• _WHAT THE TASK ASKS_
Where the records below show a line containing "use crate::account::Account;", start copying; end with the line containing "pub const LONGEST_ACCOUNT: usize", and copy it too.

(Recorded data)
'''

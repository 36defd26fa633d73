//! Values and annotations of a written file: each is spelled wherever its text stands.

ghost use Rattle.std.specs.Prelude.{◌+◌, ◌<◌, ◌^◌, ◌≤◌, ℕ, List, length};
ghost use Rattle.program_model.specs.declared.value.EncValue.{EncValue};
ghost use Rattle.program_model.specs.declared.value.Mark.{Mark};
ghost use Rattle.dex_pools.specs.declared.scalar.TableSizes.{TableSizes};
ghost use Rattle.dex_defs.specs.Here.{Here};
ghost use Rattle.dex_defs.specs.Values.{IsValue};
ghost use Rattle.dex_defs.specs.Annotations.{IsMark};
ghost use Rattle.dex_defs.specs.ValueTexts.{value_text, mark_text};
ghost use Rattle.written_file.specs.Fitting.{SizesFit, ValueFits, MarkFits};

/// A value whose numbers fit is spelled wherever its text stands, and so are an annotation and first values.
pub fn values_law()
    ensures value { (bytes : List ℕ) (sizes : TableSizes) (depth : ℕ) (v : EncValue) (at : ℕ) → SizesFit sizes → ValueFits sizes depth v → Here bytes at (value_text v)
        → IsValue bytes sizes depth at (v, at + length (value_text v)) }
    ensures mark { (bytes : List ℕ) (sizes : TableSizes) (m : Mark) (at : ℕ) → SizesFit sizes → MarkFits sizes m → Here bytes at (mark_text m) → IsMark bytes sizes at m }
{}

'''
'''

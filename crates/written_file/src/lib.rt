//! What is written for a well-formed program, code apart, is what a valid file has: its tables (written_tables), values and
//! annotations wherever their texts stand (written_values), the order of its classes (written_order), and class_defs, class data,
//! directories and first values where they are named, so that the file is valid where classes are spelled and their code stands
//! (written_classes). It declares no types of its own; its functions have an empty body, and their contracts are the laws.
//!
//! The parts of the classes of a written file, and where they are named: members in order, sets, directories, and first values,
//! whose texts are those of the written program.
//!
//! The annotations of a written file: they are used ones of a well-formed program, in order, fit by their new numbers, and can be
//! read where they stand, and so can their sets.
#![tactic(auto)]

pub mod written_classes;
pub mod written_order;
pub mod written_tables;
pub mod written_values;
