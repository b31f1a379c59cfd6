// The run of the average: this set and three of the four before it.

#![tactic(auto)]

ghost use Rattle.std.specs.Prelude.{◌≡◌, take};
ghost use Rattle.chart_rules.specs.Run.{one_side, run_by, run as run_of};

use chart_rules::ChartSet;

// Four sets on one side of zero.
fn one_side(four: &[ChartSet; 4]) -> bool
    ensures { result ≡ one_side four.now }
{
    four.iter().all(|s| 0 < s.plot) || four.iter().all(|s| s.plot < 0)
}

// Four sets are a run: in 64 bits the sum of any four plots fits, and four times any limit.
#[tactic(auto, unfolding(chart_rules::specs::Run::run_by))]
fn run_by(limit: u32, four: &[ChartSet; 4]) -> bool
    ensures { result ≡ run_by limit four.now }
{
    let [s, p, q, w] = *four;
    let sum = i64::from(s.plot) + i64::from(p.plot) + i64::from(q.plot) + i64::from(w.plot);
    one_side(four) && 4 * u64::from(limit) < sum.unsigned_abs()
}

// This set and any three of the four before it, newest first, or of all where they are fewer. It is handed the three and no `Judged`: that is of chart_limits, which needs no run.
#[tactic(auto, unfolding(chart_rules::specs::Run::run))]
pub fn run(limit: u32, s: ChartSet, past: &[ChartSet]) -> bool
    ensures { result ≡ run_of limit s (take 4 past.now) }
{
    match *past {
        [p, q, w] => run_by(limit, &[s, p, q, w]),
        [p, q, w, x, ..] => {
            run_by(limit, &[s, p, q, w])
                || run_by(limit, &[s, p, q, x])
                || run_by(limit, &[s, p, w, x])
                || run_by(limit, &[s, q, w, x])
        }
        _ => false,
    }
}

'''
'''

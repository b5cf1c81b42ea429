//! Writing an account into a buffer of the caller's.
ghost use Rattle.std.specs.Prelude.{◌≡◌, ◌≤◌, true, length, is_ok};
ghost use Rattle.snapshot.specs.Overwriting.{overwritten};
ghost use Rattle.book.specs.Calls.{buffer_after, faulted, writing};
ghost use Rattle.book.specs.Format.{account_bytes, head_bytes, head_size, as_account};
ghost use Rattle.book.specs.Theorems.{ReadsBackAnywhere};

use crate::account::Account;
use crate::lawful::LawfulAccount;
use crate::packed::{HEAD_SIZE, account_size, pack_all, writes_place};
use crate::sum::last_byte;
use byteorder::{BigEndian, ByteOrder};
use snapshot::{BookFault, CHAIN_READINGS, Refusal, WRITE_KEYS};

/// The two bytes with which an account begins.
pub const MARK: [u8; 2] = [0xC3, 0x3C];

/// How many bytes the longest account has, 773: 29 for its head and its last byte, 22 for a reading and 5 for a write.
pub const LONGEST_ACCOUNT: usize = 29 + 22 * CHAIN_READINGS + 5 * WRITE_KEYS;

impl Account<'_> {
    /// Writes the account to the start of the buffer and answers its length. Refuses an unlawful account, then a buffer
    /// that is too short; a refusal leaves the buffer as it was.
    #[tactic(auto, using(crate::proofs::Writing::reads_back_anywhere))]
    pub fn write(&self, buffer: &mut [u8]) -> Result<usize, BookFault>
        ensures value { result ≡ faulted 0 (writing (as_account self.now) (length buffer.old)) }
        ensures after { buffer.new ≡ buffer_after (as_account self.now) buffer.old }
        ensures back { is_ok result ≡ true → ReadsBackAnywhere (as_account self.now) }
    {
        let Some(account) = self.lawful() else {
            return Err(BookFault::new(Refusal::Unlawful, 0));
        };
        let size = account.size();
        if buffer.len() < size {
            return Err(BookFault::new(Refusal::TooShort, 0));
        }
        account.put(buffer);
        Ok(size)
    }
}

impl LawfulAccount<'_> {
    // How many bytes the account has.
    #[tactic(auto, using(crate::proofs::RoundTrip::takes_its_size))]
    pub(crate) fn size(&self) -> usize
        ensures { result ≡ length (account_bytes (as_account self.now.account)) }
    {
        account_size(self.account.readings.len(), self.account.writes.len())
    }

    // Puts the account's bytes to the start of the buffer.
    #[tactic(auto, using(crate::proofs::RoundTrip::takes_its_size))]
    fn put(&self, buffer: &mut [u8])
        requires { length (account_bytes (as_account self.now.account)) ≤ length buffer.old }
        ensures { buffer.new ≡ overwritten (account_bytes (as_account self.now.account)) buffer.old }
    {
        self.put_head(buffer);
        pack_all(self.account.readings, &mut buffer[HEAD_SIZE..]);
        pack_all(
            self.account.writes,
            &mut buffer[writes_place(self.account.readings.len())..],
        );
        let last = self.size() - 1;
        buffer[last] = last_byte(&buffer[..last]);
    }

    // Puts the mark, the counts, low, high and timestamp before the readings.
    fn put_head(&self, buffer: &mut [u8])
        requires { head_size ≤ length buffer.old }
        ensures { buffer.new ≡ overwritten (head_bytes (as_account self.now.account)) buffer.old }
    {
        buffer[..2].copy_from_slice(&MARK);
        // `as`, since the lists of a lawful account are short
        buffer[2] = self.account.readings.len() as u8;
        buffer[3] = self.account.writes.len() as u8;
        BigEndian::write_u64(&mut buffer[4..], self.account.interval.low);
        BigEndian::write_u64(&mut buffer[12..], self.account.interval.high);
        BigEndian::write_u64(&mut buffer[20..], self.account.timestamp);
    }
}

'''

• _OUTPUT FOR THIS TASK_
use crate::account::Account;
use crate::lawful::LawfulAccount;
use crate::packed::{HEAD_SIZE, account_size, pack_all, writes_place};
use crate::sum::last_byte;
use byteorder::{BigEndian, ByteOrder};
use snapshot::{BookFault, CHAIN_READINGS, Refusal, WRITE_KEYS};

/// The two bytes with which an account begins.
pub const MARK: [u8; 2] = [0xC3, 0x3C];

/// How many bytes the longest account has, 773: 29 for its head and its last byte, 22 for a reading and 5 for a write.
pub const LONGEST_ACCOUNT: usize = 29 + 22 * CHAIN_READINGS + 5 * WRITE_KEYS;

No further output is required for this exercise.